Larger issuers, on the other hand, must operate under direct federal regulation, primarily overseen by the OCC or the appropriate federal banking regulators.

Notably, the GENIUS Act explicitly states that compliant stablecoins are neither securities nor commodities, thereby clarifying regulatory jurisdiction and alleviating concerns about potential SEC or CFTC oversight.

In the past, critics have called for stablecoins to be regulated as securities.
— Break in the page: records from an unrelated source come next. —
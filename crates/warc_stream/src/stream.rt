//! Bytes that come once, in order.
ghost use Rattle.std.specs.Prelude.{◌≡◌, ◌↔◌, ◌==◌, ℕ, ◌<◌, ◌≤◌, length, take, false, None, Some, IfOk, IfSome, IsSome, is_err, if◌then◌else◌};
ghost use Rattle.std.specs.Io.KnownBytes.{Consumes, IsAtEnd};
ghost use Rattle.warc_frame.specs.Count.{raised};
ghost use Rattle.warc_stream.specs.Stream.{AnswersStop, GivesNext, IsAnswerOf, LeavesStop, unread};

use std::io::Read;
use std::marker::Model;
use warc_frame::{ReadFault, Source, raise};

/// Why a reader gave fewer bytes than there was room for.
#[derive(Clone, Copy)]
enum Stop {
    /// A read gave no byte.
    End,

    /// A read failed.
    Failure,
}

impl Stop {
    /// What a read answers that gets no byte before the stop.
    fn answer(self) -> Result<usize, ReadFault>
        ensures { IsAnswerOf self result }
    {
        match self {
            Stop::End => Ok(0),
            Stop::Failure => Err(ReadFault),
        }
    }
}

/// Reads until the buffer is full or the reader stops. Returns the number of bytes, and why it stopped, if it did.
#[tactic(auto, using(crate::proofs::FillLemmas::filled_within, crate::proofs::FillLemmas::filled_more))]
fn fill<R: Read>(reader: &mut R, buf: &mut [u8]) -> (usize, Option<Stop>)
    ensures bound { result.0 ≤ length buf.new }
    ensures bytes { Consumes (R.remaining reader.old) (R.remaining reader.new) (take result.0 buf.new) }
    ensures stops { IsSome result.1 ↔ (result.0 < length buf.new) }
    ensures end { result.1 ≡ Some Stop.End → IsAtEnd (R.remaining reader.new) }
{
    let mut filled = 0;
    'filling: while filled < buf.len() {
        match reader.read(&mut buf[filled..]) {
            Ok(0) => return (filled, Some(Stop::End)),
            Ok(n) => filled += n,
            Err(_) => return (filled, Some(Stop::Failure)),
        }
    }
    (filled, None)
}

/// A reader whose bytes come once, in order, as the bytes of a pipe do. A read at an offset other than its next byte's
/// fails. Nothing is known of its bytes. A read joins what reads of the reader give, until its buffer is full. An end
/// or a failure after some bytes is what the next read answers.
#[derive(Drop)]
pub struct StreamSource<R: Read> {
    reader: R,
    position: u64,
    pending: Option<Stop>,
    reads: u64,
    asked: u64,
    faults: u64,
    jumps: u64,
}

impl<R: Read> Model for StreamSource<R> {
    ghost use Rattle.std.specs.Prelude.{◌≡◌, Some};
    ghost use Rattle.std.specs.Io.KnownBytes.{IsAtEnd};
    ghost use Rattle.warc_stream.specs.declared.stream.Stop.TheVariants.{End};
    ghost use Rattle.warc_stream.specs.Stream.{Streamed};

    ghost Value = { Streamed R };

    ghost view = { λ s. record {
      reader = s.reader;
      position = s.position;
      pending = s.pending;
      reads = s.reads;
      faults = s.faults;
      asked = s.asked;
      jumps = s.jumps;
    } };

    ghost invariant = { λ s. s.pending ≡ Some End → IsAtEnd (R.remaining s.reader) };
}

impl<R: Read> StreamSource<R> {
    /// A source over this reader, whose next byte is at offset 0, and which nobody has read by it.
    pub fn new(reader: R) -> StreamSource<R>
        ensures { result ≡ unread reader }
    {
        StreamSource {
            reader,
            position: 0,
            pending: None,
            reads: 0,
            asked: 0,
            faults: 0,
            jumps: 0,
        }
    }

    /// Returns the reader, which is after the bytes that were given. A stop that waits for the next read is dropped.
    pub fn into_inner(self) -> R
        ensures { result ≡ self.reader }
    {
        self.reader
    }

    /// Reads the next bytes, if those are asked for, or answers the stop that waits.
    fn read_next(&mut self, at: u64, buf: &mut [u8]) -> Result<usize, ReadFault>
        ensures bound { IfOk result (λ n. n ≤ length buf.new) }
        ensures next { GivesNext at self.old.position self.new.position (R.remaining self.old.reader)
            (R.remaining self.new.reader) result buf.new }
        ensures leaves { LeavesStop at self.old.position (length buf.new) result self.old.pending self.new.pending }
        ensures answers { IfSome self.old.pending (AnswersStop at self.old self.new result) }
        ensures reads { self.new.reads ≡ self.old.reads }
        ensures asked { self.new.asked ≡ self.old.asked }
        ensures faults { self.new.faults ≡ self.old.faults }
        ensures jumps { self.new.jumps ≡ (if at == self.old.position then self.old.jumps else raised self.old.jumps) }
    {
        if at != self.position {
            self.jumps = raise(self.jumps);
            return Err(ReadFault);
        }
        if let Some(stop) = self.pending.take() {
            return stop.answer();
        }
        let (count, stop) = fill(&mut self.reader, buf);
        match stop {
            Some(stop) if count == 0 => stop.answer(),
            _ => {
                self.position = self.position.saturating_add(count as u64);
                self.pending = stop;
                Ok(count)
            }
        }
    }
}

impl<R: Read> Source for StreamSource<R> {
    ghost seen = { λ s. record {
      holds = None;
      faults = s.faults;
      reads = s.reads;
      asked = s.asked;
      watches = λ _. false;
      watched_reads = 0;
      next = Some s.position;
      jumps = s.jumps;
    } };

    /// It gives the reader's next bytes, at its position alone: as many as the buffer has room for, or those before an
    /// end or a failure. Any error of the reader is a failure, also an interrupted read, and nothing is tried again. An
    /// end or a failure after some bytes waits: the next read answers it and doesn't ask the reader, and the read after
    /// that asks it anew.
    fn read_at(&mut self, at: u64, buf: &mut [u8]) -> Result<usize, ReadFault>
        ensures bound { IfOk result (λ n. n ≤ length buf.new) }
        ensures next { GivesNext at self.old.position self.new.position (R.remaining self.old.reader)
            (R.remaining self.new.reader) result buf.new }
        ensures leaves { LeavesStop at self.old.position (length buf.new) result self.old.pending self.new.pending }
        ensures answers { IfSome self.old.pending (AnswersStop at self.old self.new result) }
        ensures cause { self.new.faults ≡ (if is_err result then raised self.old.faults else self.old.faults) }
        ensures counted { self.new.reads ≡ raised self.old.reads }
        ensures asked { self.new.asked ≡ at }
        ensures jumps { self.new.jumps ≡ (if at == self.old.position then self.old.jumps else raised self.old.jumps) }
    {
        self.reads = raise(self.reads);
        self.asked = at;
        let answer = self.read_next(at, buf);
        if answer.is_err() {
            self.faults = raise(self.faults);
        }
        answer
    }
}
By this classification, stablecoins can be distributed more broadly and conveniently.

STABLE Act: House Rules

Introduced by Representatives Bryan Steil (Republican, Wisconsin) and French Hill (Republican, Arkansas) in March 2025, the Stablecoin Transparency and Accountability for a Better Ledger Economy Act (STABLE Act) is very similar to the GENIUS Act but introduces unique measures to mitigate financial risks.

The most notable point is that the bill explicitly prohibits stablecoin issuers from providing interest or returns to holders, ensuring that stablecoins strictly serve as cash-equivalent payment tools rather than investment products.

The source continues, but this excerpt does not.